A bond is a debt investment in which an investor loans money to an entity (typically corporate or government) which borrows the funds for a defined period at a variable or fixed interest rate (coupon). Bonds are used as an alternate source of funding by companies, municipalities, states and sovereign governments to raise money to finance a variety of projects, to maintain ongoing operations or to refinance existing debts.

So in effect, owners of bonds are debtholders or creditors of the issuer. Bonds are commonly referred to as fixed-income securities and are one of the three main generic asset classes, along with stocks (equities) and cash equivalents. Many corporate and government bonds are publicly traded on exchanges, while others are traded only over-the-counter (OTC). The indebted entity (issuer) issues a bond that contractually states the interest rate (coupon) that will be paid and the time at which the loaned funds (bond principal) must be returned (maturity date)

Characteristics of Bonds

Face value is the amount the bond will be worth at its maturity, and is also the reference amount the bond issuer uses when calculating interest payments. Coupon rate is the rate of interest the bond issuer will pay on the face value of the bond, expressed as a percentage. Coupon dates are the dates on which the bond issuer will make interest payments. Typical intervals are annual or semi-annual coupon payments.

It is important to note that maturity date is the date on which the bond will mature and the bond issuer will pay the bondholder the face value of the bond. Issue price is the price at which the bond issuer originally sells the bonds.

The issue price of a bond is typically set at par, say a GHS100 or GHS1,000 face value per individual bond. The actual market price of a bond depends on a number of factors including the credit quality of the issuer, the length of time until expiration, and the coupon rate compared to the general interest rate environment at the time.

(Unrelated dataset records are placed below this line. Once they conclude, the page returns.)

//! Cells that hold digests, no two the same, and an index of them.

ghost use Rattle.std.specs.Prelude.{◌≡◌, ◌<◌, ◌≤◌, ◌^◌, ℕ, List, None, Some, true, length, IfOk, IfErr, OnOk, OnErr, MatchOption, replicate, slice_set, is_some};
ghost use Rattle.std.specs.List.{list_all};
ghost use Rattle.title_terms.specs.Titles.{IsDigest};
ghost use Rattle.title_store.specs.Cells.{IsAbsent, HoldsDigest, AreDistinct, IsRefusal, held_at};

use indexmap::IndexMap;
use lists::Memory;
use std::alloc::{AllocError, Global};
use std::marker::Model;

/// Cells, each of which holds a digest or nothing. Contracts see them alone; the index leads from each digest to its cell.
#[derive(Drop)]
pub(crate) struct Table {
    cells: Vec<Option<[u8; 32]>>,
    index: IndexMap<[u8; 32], u32>,
}

impl Model for Table {
    ghost use Rattle.std.specs.Prelude.{ℕ, List, Option};
    ghost use Rattle.title_store.specs.Cells.{IsTable};

    ghost Value = { List (Option (List ℕ)) };

    ghost view = { λ t. t.cells.items };

    ghost invariant = { λ t. IsTable t.index.entries t.cells.items };
}

/// Why a digest is not put into a cell: the first of these that applies.
#[derive(Clone, Copy)]
pub(crate) enum CellError {
    /// The cell is full.
    Full,
    /// This cell holds the digest.
    HeldBy(u32),
    /// There was not enough memory.
    Memory,
}

impl Table {
    /// So many empty cells.
    pub(crate) fn new(alloc: Global, count: usize) -> Result<Table, AllocError>
        ensures { IfOk result (λ table. table ≡ replicate count None) }
    {
        let cells = vec![in alloc; None; count]?;
        Ok(Table {
            cells,
            index: IndexMap::new(alloc),
        })
    }

    /// The number of cells.
    pub(crate) fn len(&self) -> usize
        ensures number { result ≡ length self.now }
        ensures distinct { AreDistinct self.now }
    {
        self.cells.len()
    }

    /// Whether every cell is full.
    pub(crate) fn is_full(&self) -> bool
        ensures { result ≡ list_all is_some self.now }
    {
        self.cells.iter().all(|cell| cell.is_some())
    }

    /// What a cell holds; `None` also where there is no such cell.
    pub(crate) fn at(&self, cell: usize) -> Option<[u8; 32]>
        ensures { result ≡ held_at self.now cell }
    {
        match self.cells.get(cell) {
            Some(held) => *held,
            None => None,
        }
    }

    /// The cell that holds the digest.
    pub(crate) fn find(&self, digest: &[u8; 32]) -> Option<u32>
        ensures { MatchOption result (IsAbsent self.now digest.now)
            (λ cell. HoldsDigest self.now cell digest.now) }
    {
        self.index.get(digest).copied()
    }

    /// Puts a digest into an empty cell, unless another cell holds it. A refusal leaves the cells as they were.
    pub(crate) fn put(&mut self, cell: u32, digest: &[u8; 32]) -> Result<(), CellError>
        requires { cell < length self.old }
        ensures added { OnOk result (self.new ≡ slice_set self.old cell (Some digest.now)) }
        ensures empty { OnOk result (held_at self.old cell ≡ None) }
        ensures absent { OnOk result (IsAbsent self.old digest.now) }
        ensures unchanged { OnErr result (self.new ≡ self.old) }
        ensures refused { IfErr result (IsRefusal self.old cell digest.now) }
    {
        let digest = *digest;
        if self.at(cell as usize).is_some() {
            return Err(CellError::Full);
        }
        if let Some(other) = self.find(&digest) {
            return Err(CellError::HeldBy(other));
        }
        self.fill(cell, digest)
    }

    /// Puts a digest that no cell holds into an empty cell.
    fn fill(&mut self, cell: u32, digest: [u8; 32]) -> Result<(), CellError>
        requires cell { cell < length self.old }
        requires empty { held_at self.old cell ≡ None }
        requires absent { IsAbsent self.old digest }
        requires digest { IsDigest digest }
        ensures added { OnOk result (self.new ≡ slice_set self.old cell (Some digest)) }
        ensures unchanged { OnErr result (self.new ≡ self.old) }
        ensures memory { IfErr result (λ e. IsRefusal self.old cell digest e) }
    {
        let Ok(_) = self.index.insert(digest, cell) else {
            return Err(CellError::Memory);
        };
        self.cells[cell as usize] = Some(digest);
        Ok(())
    }
}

Because fixed-rate coupon bonds will pay the same percentage of its face value over time, the market price of the bond will fluctuate as that coupon becomes desirable or undesirable given prevailing interest rates at a given moment in time. For instance, if a bond is issued when prevailing interest rates are 6% at GHS1,000 par value with a 6% annual coupon, it will generate Ghs60 of cash flows per year to the bondholder. The bondholder would be indifferent to purchasing the bond or saving the same money at the prevailing interest rate.

If interest rates drop to 5%, the bond will continue paying out at 6%, making it a more attractive option. Investors will purchase these bonds, bidding the price up to a premium until the effective rate on the bond equals 5%. On the other hand, if interest rates rise to 7%, the 6% coupon is no longer attractive and the bond price will decrease, selling at a discount until it’s effective rate is 6%. Because of this mechanism, bond prices move inversely with interest rates. So, it is important to gauge the level of interest rate and the associated bond prices.

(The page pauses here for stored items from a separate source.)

//! A title from its text.

ghost use Rattle.std.specs.Prelude.{◌≡◌, ◌+◌, ◌*◌, ◌<◌, ◌≤◌, ◌^◌, ◌&&◌, [], codes, true, length, vec_len, is_some, Ok, IfOk, IfErr, OnOk};
ghost use Rattle.std.specs.List.{list_all};
ghost use Rattle.form_terms.specs.Forms.{rows_after};
ghost use Rattle.line_reader.specs.Finds.{Finds};
ghost use Rattle.decoding_terms.specs.Parameters.{is_bound, is_light};
ghost use Rattle.title_terms.specs.TitleText.{design_form, list_form, number_line, segment_form, mark_form, marked_form, digest_form, title_form, title_of, title_text};
ghost use Rattle.title_terms.specs.Titles.{Title, IsTitle};
ghost use Rattle.title_store.specs.Cells.{filled};
ghost use Rattle.title_store.specs.Reads.{Reads, ReadsAs, head_view, parts_title};
ghost use Rattle.title_store.specs.declared.errors.TitleReadError.TheVariants as read_errors;

use crate::errors::TitleReadError;
use crate::rows::{ROW, digest_row, end, exact_row, mark_row, segment_row, text_row};
use crate::table::{CellError, Table};
use crate::title::Title;
use designs::{Design, are_enough, have_room, is_affix, is_light};
use line_reader::Lines;
use m3u8_text::MediaList;
use std::alloc::Global;
use texts::is_plain;
use title_terms::{TitleFault, TitleKind};

impl Title {
    /// The title that the bytes are the text of.
    pub fn read(alloc: Global, bytes: &[u8]) -> Result<Title, TitleReadError>
        // Which title it is, or which fault.
        ensures answer { ReadsAs result (title_of bytes.now) }
        // What is read is valid, and the bytes are its text.
        ensures found { IfOk result (λ title. IsTitle title × (bytes.now ≡ title_text title)) }
        // The text of each valid title is read, unless memory runs out.
        ensures every { (t : Title) → IsTitle t → bytes.now ≡ title_text t → ReadsAs result (Ok t) }
    {
        title_in(alloc, bytes)
    }
}

/// The title whose text the bytes are.
fn title_in(alloc: Global, bytes: &[u8]) -> Result<Title, TitleReadError>
    ensures { ReadsAs result (title_of bytes.now) }
{
    let mut lines = Lines::of(bytes);
    match read_parts(alloc, &mut lines) {
        Ok(parts) => title_of_parts(alloc, parts),
        Err(error) => Err(error),
    }
}

/// What was read of a title.
#[derive(Drop)]
pub(crate) struct Parts<'a> {
    pub(crate) head: Head<'a>,
    pub(crate) list: MediaList,
    pub(crate) marks: Vec<u32>,
    pub(crate) table: Table,
}

/// All lines of a title, behind which nothing may follow.
#[tactic(auto, unfolding(title_terms::specs::TitleText::title_form, form_terms::specs::Forms::followed, form_terms::specs::Forms::give))]
fn read_parts<'a>(alloc: Global, lines: &mut Lines<'a>) -> Result<Parts<'a>, TitleReadError>
    requires start { lines.old.number ≡ 0 }
    ensures found { Reads parts_title result lines.old lines.new title_form }
    ensures full { IfOk result (λ parts. list_all is_some parts.table ≡ true) }
{
    let head = read_head(lines)?;
    let list = read_list(alloc, lines)?;
    let marks = read_marks(alloc, lines, &head, list.len())?;
    let count = variant_count(marks.as_slice(), head.bits);
    let table = read_digests(alloc, lines, count)?;
    match end(lines) {
        Ok(()) => Ok(Parts {
            head,
            list,
            marks,
            table,
        }),
        Err(fault) => Err(TitleReadError::NotTitle(fault)),
    }
}

/// How many variants so many marked segments have.
fn variant_count(marks: &[u32], bits: u32) -> u32
    requires few { length marks.now ≤ 256 }
    requires bits { bits ≤ 8 }
    ensures number { result ≡ length marks.now * 2 ^ bits }
    ensures few { result ≤ 65536 }
{
    (marks.len() as u32) << bits
}

/// The title of parts that were read, which are those of a valid title.
fn title_of_parts(alloc: Global, parts: Parts<'_>) -> Result<Title, TitleReadError>
    requires valid { IsTitle (parts_title parts) }
    requires full { list_all is_some parts.table ≡ true }
    ensures made { IfOk result (λ title. title ≡ parts_title parts.entry) }
    ensures memory { IfErr result (λ e. e ≡ read_errors.Memory) }
{
    let head = parts.head;
    let design = Design::of(
        alloc,
        head.name,
        head.bits,
        head.dimension,
        head.bound,
        head.prefix,
        head.suffix,
        parts.marks.as_slice(),
    );
    match design {
        Ok(design) => Ok(Title {
            design,
            list: parts.list,
            table: parts.table,
        }),
        // No rule is broken, so memory was wanting.
        Err(_) => Err(TitleReadError::Memory),
    }
}

/// The first lines of a title, before the segments and marks.
#[derive(Clone, Copy)]
pub(crate) struct Head<'a> {
    pub(crate) name: &'a str,
    pub(crate) bits: u32,
    pub(crate) dimension: u32,
    pub(crate) bound: u32,
    pub(crate) prefix: &'a str,
    pub(crate) suffix: &'a str,
}

/// The design on the first seven lines, without its marks.
#[tactic(auto, unfolding(title_terms::specs::TitleText::design_form, title_terms::specs::TitleText::text_line, form_terms::specs::Forms::number_row, form_terms::specs::Forms::followed, form_terms::specs::Forms::require, form_terms::specs::Forms::give))]
pub(crate) fn read_head<'a>(lines: &mut Lines<'a>) -> Result<Head<'a>, TitleFault>
    requires start { lines.old.number ≡ 0 }
    ensures found { Finds head_view result lines.old lines.new design_form }
    ensures bits { IfOk result (λ head. head.bits ≤ 8) }
    ensures low { IfOk result (λ head. 2 ≤ head.dimension) }
    ensures high { IfOk result (λ head. head.dimension ≤ 13) }
    ensures bound { IfOk result (λ head. head.bound ≤ 8) }
    ensures counted { OnOk result (lines.new.number ≡ 7) }
{
    exact_row(lines, b"title 1")?;
    let name = text_row(lines, b"name ")?;
    if !is_plain(name) {
        return Err(lines.fault(TitleKind::Rule));
    }
    let bits = lines.number_row(ROW, b"m ")?;
    if !(4..=8).contains(&bits) {
        return Err(lines.fault(TitleKind::Rule));
    }
    let dimension = lines.number_row(ROW, b"k ")?;
    if !(2..=13).contains(&dimension) {
        return Err(lines.fault(TitleKind::Rule));
    }
    let bound = bound_row(lines, dimension as u32)?;
    let prefix = text_row(lines, b"prefix ")?;
    if !is_affix(prefix) {
        return Err(lines.fault(TitleKind::Rule));
    }
    let suffix = text_row(lines, b"suffix ")?;
    if !is_affix(suffix) {
        return Err(lines.fault(TitleKind::Rule));
    }
    Ok(Head {
        name,
        bits: bits as u32,
        dimension: dimension as u32,
        bound,
        prefix,
        suffix,
    })
}

/// The largest coalition on the next line.
#[tactic(auto, unfolding(form_terms::specs::Forms::number_row, form_terms::specs::Forms::followed, form_terms::specs::Forms::require, form_terms::specs::Forms::give))]
fn bound_row(lines: &mut Lines, dimension: u32) -> Result<u32, TitleFault>
    requires room { lines.old.number + 1 < 2 ^ 32 }
    requires low { 2 ≤ dimension }
    requires high { dimension ≤ 13 }
    ensures found { Finds (λ bound. bound) result lines.old lines.new
        (number_line (codes "c ") (λ c. is_bound c && is_light dimension c)) }
    ensures high { IfOk result (λ bound. bound ≤ 8) }
    ensures counted { OnOk result (lines.new.number ≡ lines.old.number + 1) }
{
    let bound = lines.number_row(ROW, b"c ")?;
    if !(1..=8).contains(&bound) {
        return Err(lines.fault(TitleKind::Rule));
    }
    if !is_light(dimension, bound as u32) {
        return Err(lines.fault(TitleKind::Rule));
    }
    Ok(bound as u32)
}

/// The media list on the lines behind the design.
#[tactic(auto, unfolding(title_terms::specs::TitleText::list_form, form_terms::specs::Forms::number_row, form_terms::specs::Forms::followed, form_terms::specs::Forms::require, form_terms::specs::Forms::give))]
pub(crate) fn read_list(alloc: Global, lines: &mut Lines) -> Result<MediaList, TitleReadError>
    requires start { lines.old.number ≡ 7 }
    ensures found { Reads (λ list. list) result lines.old lines.new list_form }
    ensures few { IfOk result (λ list. length list.segments ≤ 100000) }
    ensures counted { IfOk result (λ list. lines.new.number ≡ 11 + length list.segments) }
{
    let version = lines.number_row(ROW, b"version ")?;
    if !(1..=65_535).contains(&version) {
        return Err(lines.fault(TitleKind::Rule).into());
    }
    let target = lines.number_row(ROW, b"target ")?;
    if target > u128::from(u64::MAX) {
        return Err(lines.fault(TitleKind::Rule).into());
    }
    let sequence = lines.number_row(ROW, b"sequence ")?;
    if sequence > u128::from(u64::MAX) {
        return Err(lines.fault(TitleKind::Rule).into());
    }
    let count = lines.number_row(ROW, b"segments ")?;
    if count > 100_000 {
        return Err(lines.fault(TitleKind::Rule).into());
    }
    let list = MediaList::new(alloc, version as u32, target as u64, sequence as u64).unwrap();
    read_segments(alloc, lines, list, count as u32)
}

/// So many segments, behind a list that has none yet.
fn read_segments(
    alloc: Global,
    lines: &mut Lines,
    list: MediaList,
    count: u32,
) -> Result<MediaList, TitleReadError>
    requires none { list.segments ≡ [] }
    requires few { count ≤ 100000 }
    requires start { lines.old.number ≡ 11 }
    ensures rows { Reads (λ grown. grown.segments) result lines.old lines.new
        (rows_after [] count segment_form) }
    ensures others { IfOk result (λ grown. grown ≡ record list { segments = grown.segments }) }
    ensures number { IfOk result (λ grown. length grown.segments ≡ count) }
    ensures counted { OnOk result (lines.new.number ≡ 11 + count) }
{
    let mut list = list;
    'rows: for _row in 0..count {
        let segment = match segment_row(alloc, lines) {
            Ok(segment) => segment,
            Err(error) => return Err(error),
        };
        match list.push(segment) {
            Ok(()) => {}
            Err(_) => return Err(TitleReadError::Memory),
        }
    }
    Ok(list)
}

/// The numbers of the marked segments, of so many segments.
#[tactic(auto, unfolding(title_terms::specs::TitleText::marked_form, form_terms::specs::Forms::number_row, form_terms::specs::Forms::followed, form_terms::specs::Forms::require, form_terms::specs::Forms::give))]
pub(crate) fn read_marks(
    alloc: Global,
    lines: &mut Lines,
    head: &Head,
    segments: u32,
) -> Result<Vec<u32>, TitleReadError>
    requires bits { head.now.bits ≤ 8 }
    requires low { 2 ≤ head.now.dimension }
    requires high { head.now.dimension ≤ 13 }
    requires bound { head.now.bound ≤ 8 }
    requires start { lines.old.number ≤ 100011 }
    ensures found { Reads (λ marks. marks.items) result lines.old lines.new
        (marked_form (head_view head.now) segments) }
    ensures few { IfOk result (λ marks. vec_len marks ≤ 256) }
    ensures counted { IfOk result (λ marks. lines.new.number ≤ 100268) }
{
    let count = lines.number_row(ROW, b"marked ")?;
    if count > 256 {
        return Err(lines.fault(TitleKind::Rule).into());
    }
    if !have_room(head.bits, count as usize) {
        return Err(lines.fault(TitleKind::Rule).into());
    }
    if !are_enough(head.dimension, head.bound, count as usize) {
        return Err(lines.fault(TitleKind::Rule).into());
    }
    read_numbers(alloc, lines, count as u32, segments)
}

/// So many numbers of segments.
fn read_numbers(
    alloc: Global,
    lines: &mut Lines,
    count: u32,
    segments: u32,
) -> Result<Vec<u32>, TitleReadError>
    requires few { count ≤ 256 }
    requires start { lines.old.number ≤ 100012 }
    ensures rows { Reads (λ marks. marks.items) result lines.old lines.new
        (rows_after [] count (mark_form segments)) }
    ensures number { IfOk result (λ marks. vec_len marks ≡ count) }
    ensures counted { OnOk result (lines.new.number ≡ lines.old.number + count) }
{
    let mut marks: Vec<u32> = Vec::new(alloc);
    'rows: for _row in 0..count {
        let segment = match mark_row(lines, marks.as_slice(), segments) {
            Ok(segment) => segment,
            Err(fault) => return Err(TitleReadError::NotTitle(fault)),
        };
        match marks.push(segment) {
            Ok(()) => {}
            Err(error) => return Err(error.into()),
        }
    }
    Ok(marks)
}

/// So many digests, no two of which are the same.
pub(crate) fn read_digests(
    alloc: Global,
    lines: &mut Lines,
    count: u32,
) -> Result<Table, TitleReadError>
    requires few { count ≤ 65536 }
    requires start { lines.old.number ≤ 100268 }
    ensures rows { Reads (λ table. filled table) result lines.old lines.new
        (rows_after [] count digest_form) }
    ensures full { IfOk result (λ table. list_all is_some table ≡ true) }
    ensures counted { OnOk result (lines.new.number ≤ 165804) }
{
    let mut table = Table::new(alloc, count as usize)?;
    'rows: for row in 0..count {
        let digest = match digest_row(lines) {
            Ok(digest) => digest,
            Err(fault) => return Err(TitleReadError::NotTitle(fault)),
        };
        match table.put(row, &digest) {
            Ok(()) => {}
            Err(CellError::Full) => return Err(TitleReadError::Memory),
            Err(CellError::HeldBy(_)) => return Err(lines.fault(TitleKind::Duplicate).into()),
            Err(CellError::Memory) => return Err(TitleReadError::Memory),
        }
    }
    Ok(table)
}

Two features of a bond (credit quality and duration) are the principal determinants of a bond’s interest rate. If the issuer has a poor credit rating, the risk of default is greater and these bonds will tend to trade a discount. Credit ratings are calculated and issued by credit rating agencies such as Fitch, Standard and Poor’s (S&P) etc. Bond maturities can range from a day or less to more than 30 years. The longer the bond maturity, or duration, the greater the chances of adverse effects.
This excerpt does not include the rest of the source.